YOUR INSTRUCTIONS
In the entries below, filter for the word "RunsKeepStored" and copy every matching line.

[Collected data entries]
════════════════════

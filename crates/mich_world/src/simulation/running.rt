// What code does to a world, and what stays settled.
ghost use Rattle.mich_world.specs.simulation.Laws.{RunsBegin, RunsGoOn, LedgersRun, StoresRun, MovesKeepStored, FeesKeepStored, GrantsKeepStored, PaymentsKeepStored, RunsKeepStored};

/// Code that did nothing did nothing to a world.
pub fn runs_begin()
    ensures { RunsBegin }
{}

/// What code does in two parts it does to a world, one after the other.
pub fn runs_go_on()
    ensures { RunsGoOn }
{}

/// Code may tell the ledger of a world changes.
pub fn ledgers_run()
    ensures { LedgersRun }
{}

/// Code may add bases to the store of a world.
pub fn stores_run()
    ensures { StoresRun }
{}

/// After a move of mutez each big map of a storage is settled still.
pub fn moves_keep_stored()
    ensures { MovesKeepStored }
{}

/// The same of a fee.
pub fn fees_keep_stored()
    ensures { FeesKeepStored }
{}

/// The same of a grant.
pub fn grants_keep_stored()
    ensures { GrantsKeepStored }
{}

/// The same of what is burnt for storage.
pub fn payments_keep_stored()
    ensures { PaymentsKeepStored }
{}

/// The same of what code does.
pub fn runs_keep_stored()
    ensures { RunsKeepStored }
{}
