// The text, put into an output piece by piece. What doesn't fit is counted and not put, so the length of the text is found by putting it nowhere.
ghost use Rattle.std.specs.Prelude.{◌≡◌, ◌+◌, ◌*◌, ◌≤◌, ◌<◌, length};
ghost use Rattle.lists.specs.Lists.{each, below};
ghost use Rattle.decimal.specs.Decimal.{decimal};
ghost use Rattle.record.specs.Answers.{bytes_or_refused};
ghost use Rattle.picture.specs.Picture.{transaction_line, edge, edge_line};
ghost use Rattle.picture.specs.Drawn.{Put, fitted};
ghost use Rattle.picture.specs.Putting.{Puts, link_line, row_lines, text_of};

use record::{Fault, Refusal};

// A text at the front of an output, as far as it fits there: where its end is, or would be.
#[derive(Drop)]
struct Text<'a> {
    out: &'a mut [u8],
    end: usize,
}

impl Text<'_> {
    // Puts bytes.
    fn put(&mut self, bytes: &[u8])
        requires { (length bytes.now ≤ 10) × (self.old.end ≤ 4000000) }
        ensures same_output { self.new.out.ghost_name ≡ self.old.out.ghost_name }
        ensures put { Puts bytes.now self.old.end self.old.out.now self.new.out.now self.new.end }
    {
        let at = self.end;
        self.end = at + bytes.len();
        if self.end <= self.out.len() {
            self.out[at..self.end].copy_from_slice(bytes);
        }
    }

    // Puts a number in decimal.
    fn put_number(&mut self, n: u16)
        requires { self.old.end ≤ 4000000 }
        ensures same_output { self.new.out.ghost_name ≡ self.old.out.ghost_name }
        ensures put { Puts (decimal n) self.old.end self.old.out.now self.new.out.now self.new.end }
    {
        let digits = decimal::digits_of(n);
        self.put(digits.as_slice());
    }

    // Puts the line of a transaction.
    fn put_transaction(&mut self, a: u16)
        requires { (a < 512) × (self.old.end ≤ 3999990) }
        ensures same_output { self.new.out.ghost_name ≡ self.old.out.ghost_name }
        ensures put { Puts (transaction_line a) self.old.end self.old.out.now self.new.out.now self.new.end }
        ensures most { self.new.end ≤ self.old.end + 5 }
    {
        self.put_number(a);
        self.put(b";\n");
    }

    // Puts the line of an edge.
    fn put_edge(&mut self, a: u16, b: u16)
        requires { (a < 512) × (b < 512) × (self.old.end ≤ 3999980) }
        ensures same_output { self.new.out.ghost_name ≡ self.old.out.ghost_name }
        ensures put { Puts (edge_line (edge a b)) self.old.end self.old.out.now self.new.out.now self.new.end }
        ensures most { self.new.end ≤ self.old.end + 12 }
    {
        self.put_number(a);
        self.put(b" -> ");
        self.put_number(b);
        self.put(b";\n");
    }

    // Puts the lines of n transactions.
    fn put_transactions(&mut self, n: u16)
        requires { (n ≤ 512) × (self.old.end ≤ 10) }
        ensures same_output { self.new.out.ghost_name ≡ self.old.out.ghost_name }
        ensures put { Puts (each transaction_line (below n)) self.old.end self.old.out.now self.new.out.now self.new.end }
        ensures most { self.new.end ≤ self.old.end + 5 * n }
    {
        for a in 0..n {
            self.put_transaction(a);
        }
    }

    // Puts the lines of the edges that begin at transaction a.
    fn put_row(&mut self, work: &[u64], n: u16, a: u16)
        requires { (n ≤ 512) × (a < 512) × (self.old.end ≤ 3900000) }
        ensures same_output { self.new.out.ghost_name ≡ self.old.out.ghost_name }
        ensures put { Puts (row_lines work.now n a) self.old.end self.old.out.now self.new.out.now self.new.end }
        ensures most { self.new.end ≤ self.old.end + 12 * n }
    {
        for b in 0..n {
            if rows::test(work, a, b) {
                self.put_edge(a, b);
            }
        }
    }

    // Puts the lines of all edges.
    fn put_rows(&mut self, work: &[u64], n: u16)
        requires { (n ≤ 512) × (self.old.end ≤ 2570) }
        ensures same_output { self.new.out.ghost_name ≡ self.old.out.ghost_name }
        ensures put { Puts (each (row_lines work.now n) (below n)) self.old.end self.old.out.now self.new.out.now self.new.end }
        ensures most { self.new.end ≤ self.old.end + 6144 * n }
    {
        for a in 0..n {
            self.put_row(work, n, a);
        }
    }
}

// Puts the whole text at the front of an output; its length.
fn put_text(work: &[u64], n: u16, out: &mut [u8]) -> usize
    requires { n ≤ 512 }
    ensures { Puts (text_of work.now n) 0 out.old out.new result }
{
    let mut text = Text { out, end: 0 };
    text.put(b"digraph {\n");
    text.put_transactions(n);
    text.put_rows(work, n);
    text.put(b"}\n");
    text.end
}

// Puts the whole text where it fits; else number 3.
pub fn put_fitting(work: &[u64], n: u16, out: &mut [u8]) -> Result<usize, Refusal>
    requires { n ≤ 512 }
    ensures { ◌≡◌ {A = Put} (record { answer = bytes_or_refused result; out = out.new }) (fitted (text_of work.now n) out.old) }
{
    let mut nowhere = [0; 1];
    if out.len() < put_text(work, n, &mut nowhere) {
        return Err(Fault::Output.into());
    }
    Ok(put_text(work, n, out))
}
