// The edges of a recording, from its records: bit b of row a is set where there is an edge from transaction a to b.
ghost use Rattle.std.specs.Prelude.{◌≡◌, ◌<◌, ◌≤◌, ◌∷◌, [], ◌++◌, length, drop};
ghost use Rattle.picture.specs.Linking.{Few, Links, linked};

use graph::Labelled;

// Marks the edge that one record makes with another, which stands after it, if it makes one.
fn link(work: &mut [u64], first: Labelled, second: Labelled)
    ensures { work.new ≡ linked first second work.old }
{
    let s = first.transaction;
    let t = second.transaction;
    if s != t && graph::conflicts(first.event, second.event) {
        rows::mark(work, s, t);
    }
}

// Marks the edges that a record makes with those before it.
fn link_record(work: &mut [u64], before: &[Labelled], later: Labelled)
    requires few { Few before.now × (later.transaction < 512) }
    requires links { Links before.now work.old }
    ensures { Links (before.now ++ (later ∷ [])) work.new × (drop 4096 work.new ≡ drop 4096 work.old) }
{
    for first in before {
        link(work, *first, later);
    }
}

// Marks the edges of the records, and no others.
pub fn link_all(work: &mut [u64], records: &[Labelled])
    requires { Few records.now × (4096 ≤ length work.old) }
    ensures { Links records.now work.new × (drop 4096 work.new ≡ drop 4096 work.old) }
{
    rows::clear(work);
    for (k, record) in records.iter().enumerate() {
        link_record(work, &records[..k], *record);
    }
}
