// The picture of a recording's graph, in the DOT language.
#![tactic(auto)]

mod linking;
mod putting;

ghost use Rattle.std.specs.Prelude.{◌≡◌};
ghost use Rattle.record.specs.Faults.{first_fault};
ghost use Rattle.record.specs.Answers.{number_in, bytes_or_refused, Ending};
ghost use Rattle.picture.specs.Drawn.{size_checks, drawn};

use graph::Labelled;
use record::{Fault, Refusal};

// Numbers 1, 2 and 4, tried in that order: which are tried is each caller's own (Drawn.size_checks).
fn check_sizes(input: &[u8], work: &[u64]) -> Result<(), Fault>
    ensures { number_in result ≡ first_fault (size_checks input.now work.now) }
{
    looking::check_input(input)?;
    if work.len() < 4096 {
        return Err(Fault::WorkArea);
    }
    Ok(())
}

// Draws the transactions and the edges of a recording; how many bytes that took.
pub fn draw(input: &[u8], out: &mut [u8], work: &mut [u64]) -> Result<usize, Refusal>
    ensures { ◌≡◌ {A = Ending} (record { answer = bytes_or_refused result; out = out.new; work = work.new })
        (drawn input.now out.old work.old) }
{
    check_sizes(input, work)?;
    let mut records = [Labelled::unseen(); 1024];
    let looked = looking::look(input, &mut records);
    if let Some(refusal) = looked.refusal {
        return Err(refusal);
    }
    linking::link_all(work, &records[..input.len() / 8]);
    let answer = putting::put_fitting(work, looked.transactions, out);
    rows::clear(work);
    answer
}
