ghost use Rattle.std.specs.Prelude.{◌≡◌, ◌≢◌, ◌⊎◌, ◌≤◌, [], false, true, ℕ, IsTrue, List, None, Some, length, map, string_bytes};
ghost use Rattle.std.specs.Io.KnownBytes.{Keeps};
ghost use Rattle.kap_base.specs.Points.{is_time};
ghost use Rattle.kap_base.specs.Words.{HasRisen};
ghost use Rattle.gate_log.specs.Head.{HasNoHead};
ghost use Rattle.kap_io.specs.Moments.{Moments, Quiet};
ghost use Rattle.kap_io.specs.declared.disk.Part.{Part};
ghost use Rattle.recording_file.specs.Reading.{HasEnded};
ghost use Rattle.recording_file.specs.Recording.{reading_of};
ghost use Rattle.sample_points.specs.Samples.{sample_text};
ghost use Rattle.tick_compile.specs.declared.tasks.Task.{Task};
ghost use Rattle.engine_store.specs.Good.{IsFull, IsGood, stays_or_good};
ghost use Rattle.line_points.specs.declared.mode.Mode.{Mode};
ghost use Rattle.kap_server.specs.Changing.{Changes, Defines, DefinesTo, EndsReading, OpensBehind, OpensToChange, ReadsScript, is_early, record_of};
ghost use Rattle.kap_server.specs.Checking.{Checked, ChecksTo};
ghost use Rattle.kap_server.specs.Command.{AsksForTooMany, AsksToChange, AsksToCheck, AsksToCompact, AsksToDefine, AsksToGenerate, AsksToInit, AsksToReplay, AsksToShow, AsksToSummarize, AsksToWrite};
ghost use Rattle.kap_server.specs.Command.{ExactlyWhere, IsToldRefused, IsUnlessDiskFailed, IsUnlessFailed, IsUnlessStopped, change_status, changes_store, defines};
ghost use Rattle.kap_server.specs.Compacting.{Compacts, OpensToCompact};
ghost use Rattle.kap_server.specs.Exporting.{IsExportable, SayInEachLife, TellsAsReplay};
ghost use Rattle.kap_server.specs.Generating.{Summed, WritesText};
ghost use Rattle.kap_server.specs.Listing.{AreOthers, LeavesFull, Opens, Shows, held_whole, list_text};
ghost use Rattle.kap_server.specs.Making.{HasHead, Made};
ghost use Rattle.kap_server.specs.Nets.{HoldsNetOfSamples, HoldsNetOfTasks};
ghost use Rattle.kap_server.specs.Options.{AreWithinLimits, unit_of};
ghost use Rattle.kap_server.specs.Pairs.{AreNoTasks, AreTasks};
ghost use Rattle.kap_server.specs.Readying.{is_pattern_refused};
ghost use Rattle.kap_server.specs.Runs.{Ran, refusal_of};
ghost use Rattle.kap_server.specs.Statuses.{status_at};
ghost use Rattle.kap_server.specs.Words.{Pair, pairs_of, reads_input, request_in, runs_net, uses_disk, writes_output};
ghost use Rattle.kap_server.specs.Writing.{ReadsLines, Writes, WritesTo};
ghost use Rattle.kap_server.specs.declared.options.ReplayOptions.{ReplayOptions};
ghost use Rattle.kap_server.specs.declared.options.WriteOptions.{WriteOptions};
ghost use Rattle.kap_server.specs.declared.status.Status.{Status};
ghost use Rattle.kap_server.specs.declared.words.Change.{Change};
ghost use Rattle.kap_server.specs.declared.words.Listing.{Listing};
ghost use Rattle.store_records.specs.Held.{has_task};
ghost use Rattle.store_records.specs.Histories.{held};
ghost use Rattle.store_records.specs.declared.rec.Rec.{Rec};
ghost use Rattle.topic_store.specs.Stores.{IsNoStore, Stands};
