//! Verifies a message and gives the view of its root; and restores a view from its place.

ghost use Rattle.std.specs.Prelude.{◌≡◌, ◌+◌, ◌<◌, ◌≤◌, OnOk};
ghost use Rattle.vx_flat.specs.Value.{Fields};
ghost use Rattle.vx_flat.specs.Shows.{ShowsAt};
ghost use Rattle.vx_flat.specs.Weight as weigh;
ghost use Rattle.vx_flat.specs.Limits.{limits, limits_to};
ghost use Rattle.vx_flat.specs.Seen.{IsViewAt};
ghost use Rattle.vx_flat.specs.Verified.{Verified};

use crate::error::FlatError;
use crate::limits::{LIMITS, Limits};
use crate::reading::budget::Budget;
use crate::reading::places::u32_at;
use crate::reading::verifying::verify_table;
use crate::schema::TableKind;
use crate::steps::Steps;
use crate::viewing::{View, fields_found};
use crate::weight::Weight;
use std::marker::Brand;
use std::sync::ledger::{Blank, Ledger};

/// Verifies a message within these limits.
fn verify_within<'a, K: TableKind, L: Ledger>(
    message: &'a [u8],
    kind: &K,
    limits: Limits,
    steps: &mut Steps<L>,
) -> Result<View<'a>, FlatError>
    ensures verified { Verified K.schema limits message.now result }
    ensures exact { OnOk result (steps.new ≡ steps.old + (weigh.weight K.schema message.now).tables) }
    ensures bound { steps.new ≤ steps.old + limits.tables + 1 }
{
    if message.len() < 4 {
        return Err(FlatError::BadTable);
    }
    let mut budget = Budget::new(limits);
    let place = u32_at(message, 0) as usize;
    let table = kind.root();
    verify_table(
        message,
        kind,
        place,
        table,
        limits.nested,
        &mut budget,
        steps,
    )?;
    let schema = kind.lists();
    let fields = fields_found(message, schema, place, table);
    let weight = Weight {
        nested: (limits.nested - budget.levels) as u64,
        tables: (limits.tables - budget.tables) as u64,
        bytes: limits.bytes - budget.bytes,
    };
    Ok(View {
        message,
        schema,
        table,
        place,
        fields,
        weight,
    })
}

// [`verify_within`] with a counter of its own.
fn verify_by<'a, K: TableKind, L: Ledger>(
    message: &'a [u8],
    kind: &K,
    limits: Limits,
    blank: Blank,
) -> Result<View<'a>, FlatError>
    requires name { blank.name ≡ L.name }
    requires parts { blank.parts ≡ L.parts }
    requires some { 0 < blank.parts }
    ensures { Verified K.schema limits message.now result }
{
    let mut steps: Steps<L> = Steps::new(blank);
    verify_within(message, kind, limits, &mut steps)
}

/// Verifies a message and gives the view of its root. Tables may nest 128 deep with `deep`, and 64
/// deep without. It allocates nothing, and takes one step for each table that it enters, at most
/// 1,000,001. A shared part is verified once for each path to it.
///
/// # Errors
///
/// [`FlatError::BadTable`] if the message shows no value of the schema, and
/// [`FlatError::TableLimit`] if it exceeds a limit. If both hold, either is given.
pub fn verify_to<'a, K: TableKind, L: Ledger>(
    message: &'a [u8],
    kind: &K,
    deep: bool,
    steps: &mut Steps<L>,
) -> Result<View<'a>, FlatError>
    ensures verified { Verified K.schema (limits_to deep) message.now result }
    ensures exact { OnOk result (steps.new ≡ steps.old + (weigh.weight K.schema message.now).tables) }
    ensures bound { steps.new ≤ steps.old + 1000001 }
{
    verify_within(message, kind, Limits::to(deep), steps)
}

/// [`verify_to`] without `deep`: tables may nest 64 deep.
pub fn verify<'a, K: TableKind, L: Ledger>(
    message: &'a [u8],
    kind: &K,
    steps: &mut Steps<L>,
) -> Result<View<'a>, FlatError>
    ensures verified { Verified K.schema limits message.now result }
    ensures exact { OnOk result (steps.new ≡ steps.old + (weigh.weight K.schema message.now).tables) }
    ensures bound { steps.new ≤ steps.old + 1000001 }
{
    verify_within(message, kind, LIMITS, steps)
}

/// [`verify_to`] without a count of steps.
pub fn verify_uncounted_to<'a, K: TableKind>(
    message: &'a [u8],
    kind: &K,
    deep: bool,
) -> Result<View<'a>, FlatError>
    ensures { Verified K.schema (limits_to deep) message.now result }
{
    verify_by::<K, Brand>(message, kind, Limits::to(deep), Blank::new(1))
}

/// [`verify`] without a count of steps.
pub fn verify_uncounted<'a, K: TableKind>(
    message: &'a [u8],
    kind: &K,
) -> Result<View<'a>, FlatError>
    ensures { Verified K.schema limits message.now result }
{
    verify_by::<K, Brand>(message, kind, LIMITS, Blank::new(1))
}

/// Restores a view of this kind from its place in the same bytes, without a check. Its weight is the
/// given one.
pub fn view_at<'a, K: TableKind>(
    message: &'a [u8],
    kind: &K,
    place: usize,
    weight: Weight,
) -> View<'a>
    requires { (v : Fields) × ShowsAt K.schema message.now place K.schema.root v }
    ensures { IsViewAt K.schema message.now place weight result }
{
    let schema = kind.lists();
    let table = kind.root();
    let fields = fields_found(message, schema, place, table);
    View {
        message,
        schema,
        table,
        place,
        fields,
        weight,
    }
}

════════════════════

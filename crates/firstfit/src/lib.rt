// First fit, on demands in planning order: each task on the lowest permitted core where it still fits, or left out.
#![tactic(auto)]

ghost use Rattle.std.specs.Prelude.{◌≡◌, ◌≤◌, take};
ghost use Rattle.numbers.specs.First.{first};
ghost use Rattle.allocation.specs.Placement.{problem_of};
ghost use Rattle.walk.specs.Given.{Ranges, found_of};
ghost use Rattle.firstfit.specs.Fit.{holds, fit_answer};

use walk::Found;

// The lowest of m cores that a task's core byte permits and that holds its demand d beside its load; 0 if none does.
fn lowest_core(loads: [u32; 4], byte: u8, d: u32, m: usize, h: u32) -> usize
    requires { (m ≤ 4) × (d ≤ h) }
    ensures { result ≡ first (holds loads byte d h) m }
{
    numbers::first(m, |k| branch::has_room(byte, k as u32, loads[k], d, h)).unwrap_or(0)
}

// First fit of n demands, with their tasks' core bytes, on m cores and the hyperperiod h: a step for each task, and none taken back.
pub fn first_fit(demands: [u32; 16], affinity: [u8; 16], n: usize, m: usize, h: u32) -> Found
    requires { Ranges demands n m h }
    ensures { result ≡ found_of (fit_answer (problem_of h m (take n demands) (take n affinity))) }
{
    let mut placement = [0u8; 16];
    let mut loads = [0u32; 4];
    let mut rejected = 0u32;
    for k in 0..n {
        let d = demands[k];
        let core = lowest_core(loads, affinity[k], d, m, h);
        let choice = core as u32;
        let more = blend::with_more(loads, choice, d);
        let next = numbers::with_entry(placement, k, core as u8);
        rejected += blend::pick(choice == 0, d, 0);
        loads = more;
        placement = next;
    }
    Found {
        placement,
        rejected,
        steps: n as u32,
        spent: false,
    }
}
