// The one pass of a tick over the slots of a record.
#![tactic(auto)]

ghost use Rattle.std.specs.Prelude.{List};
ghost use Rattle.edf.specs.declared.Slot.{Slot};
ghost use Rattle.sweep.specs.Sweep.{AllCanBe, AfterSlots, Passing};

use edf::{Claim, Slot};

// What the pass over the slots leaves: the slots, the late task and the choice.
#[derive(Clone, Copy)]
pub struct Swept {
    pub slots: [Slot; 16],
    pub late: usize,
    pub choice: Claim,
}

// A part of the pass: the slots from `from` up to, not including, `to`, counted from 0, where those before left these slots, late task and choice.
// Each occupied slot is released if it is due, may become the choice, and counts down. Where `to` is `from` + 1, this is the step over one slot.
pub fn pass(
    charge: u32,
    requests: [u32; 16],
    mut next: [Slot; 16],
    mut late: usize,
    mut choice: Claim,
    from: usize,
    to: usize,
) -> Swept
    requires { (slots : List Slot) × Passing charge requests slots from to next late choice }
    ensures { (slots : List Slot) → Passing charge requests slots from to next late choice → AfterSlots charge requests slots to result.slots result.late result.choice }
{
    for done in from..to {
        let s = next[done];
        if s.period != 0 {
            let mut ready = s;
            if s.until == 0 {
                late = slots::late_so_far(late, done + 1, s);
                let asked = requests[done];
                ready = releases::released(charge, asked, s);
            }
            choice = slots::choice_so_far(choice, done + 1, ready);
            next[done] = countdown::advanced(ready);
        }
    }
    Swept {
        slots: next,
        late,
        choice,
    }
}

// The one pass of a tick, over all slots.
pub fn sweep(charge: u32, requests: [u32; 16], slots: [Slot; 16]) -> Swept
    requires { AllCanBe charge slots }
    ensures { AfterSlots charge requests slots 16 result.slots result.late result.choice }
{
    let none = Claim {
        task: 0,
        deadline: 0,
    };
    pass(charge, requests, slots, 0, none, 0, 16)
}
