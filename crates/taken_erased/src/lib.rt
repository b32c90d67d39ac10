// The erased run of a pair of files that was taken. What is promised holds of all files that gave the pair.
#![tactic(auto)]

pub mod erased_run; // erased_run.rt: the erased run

════════════════════

RESULT OF THE EXERCISE
ghost use Rattle.mich_world.specs.simulation.Laws.{RunsBegin, RunsGoOn, LedgersRun, StoresRun, MovesKeepStored, FeesKeepStored, GrantsKeepStored, PaymentsKeepStored, RunsKeepStored};
    ensures { RunsKeepStored }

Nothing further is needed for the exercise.